BEGIN

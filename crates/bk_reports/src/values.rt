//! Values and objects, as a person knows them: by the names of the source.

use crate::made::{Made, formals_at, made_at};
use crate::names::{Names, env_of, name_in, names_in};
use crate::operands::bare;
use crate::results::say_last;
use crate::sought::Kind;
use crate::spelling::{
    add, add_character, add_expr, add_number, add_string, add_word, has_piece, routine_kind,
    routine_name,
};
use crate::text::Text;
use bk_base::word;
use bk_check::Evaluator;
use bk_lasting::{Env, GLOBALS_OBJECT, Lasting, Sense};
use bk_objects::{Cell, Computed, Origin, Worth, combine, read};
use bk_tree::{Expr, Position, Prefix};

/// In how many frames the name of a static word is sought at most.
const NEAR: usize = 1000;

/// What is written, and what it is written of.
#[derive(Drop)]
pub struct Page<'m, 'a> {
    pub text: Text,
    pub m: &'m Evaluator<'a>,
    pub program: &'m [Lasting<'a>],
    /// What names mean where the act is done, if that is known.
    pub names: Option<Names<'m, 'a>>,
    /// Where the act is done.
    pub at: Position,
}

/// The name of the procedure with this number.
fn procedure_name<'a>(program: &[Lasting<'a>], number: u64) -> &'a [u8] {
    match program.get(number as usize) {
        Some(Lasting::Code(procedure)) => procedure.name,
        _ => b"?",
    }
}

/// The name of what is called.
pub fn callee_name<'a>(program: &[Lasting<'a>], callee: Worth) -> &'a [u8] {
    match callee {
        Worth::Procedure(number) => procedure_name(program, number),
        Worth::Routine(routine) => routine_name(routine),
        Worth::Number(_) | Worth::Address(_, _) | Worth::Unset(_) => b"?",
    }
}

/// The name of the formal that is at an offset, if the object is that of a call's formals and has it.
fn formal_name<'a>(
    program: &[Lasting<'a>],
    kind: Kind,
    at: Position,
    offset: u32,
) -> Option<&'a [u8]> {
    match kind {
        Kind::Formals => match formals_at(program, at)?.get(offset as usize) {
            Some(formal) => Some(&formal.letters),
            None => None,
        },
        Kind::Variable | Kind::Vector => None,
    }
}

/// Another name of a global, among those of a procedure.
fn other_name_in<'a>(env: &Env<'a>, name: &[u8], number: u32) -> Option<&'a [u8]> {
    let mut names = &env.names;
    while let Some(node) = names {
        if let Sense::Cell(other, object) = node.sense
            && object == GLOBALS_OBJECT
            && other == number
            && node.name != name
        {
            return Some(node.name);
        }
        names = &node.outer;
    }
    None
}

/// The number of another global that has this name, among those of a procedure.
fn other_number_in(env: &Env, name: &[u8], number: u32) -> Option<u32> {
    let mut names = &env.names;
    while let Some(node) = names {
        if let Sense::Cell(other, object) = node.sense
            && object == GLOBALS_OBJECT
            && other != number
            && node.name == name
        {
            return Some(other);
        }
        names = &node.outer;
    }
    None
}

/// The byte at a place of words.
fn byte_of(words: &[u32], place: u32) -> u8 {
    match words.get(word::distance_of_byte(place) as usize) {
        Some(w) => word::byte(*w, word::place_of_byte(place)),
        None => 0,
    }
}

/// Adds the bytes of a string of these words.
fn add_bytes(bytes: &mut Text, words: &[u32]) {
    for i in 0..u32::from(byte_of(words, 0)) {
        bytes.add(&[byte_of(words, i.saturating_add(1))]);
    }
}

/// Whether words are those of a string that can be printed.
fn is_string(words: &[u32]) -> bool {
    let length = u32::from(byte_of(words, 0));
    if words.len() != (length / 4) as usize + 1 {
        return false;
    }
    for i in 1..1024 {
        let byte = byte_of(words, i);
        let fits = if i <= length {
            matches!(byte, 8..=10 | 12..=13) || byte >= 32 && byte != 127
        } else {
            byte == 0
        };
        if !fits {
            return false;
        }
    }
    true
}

END
BEGIN

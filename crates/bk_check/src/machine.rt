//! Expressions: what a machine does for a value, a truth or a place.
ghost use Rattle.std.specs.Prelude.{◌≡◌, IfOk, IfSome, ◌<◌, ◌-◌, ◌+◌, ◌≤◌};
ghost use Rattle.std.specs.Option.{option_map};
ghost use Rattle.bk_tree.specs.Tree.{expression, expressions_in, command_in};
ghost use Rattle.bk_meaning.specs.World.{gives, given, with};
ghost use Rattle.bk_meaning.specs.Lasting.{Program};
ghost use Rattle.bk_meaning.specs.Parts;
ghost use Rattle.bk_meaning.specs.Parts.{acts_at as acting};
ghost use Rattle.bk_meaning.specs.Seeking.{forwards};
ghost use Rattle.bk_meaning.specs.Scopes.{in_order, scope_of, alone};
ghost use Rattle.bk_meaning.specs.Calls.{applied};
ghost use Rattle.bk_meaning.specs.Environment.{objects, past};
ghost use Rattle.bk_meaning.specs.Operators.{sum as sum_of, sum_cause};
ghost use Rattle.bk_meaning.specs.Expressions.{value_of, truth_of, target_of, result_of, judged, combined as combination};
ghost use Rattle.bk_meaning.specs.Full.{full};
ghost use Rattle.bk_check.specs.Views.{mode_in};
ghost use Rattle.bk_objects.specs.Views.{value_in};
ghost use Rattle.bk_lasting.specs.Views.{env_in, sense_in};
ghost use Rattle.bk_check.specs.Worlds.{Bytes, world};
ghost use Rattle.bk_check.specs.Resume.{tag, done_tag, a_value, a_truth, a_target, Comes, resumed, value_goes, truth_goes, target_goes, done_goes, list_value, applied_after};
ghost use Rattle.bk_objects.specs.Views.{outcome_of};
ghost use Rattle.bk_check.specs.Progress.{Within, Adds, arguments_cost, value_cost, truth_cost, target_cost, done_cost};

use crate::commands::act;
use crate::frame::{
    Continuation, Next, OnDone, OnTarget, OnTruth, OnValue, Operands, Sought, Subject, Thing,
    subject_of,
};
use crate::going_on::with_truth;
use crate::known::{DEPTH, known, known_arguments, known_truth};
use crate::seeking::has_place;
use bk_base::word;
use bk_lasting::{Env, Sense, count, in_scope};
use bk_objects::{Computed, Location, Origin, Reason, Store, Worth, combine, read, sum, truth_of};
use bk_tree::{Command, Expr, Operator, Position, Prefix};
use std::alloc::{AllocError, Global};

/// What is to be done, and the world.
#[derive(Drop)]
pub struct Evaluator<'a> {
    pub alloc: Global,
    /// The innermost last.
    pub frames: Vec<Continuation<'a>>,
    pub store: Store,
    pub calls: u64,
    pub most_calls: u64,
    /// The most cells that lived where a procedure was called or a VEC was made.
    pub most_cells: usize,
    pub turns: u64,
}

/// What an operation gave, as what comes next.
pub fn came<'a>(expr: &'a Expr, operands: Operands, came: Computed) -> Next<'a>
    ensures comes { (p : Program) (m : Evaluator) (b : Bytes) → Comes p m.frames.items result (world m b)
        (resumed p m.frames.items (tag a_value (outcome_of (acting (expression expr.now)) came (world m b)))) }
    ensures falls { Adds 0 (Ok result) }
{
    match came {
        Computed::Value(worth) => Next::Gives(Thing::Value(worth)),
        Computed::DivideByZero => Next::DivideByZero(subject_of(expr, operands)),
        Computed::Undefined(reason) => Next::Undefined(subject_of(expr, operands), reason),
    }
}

END

_PROBLEM STATEMENT_
Look over the records above and copy each line that includes the string "return".

_ANSWER FOR THE TASK_
            return Some(node.name);
            return Some(other);
        return false;
            return false;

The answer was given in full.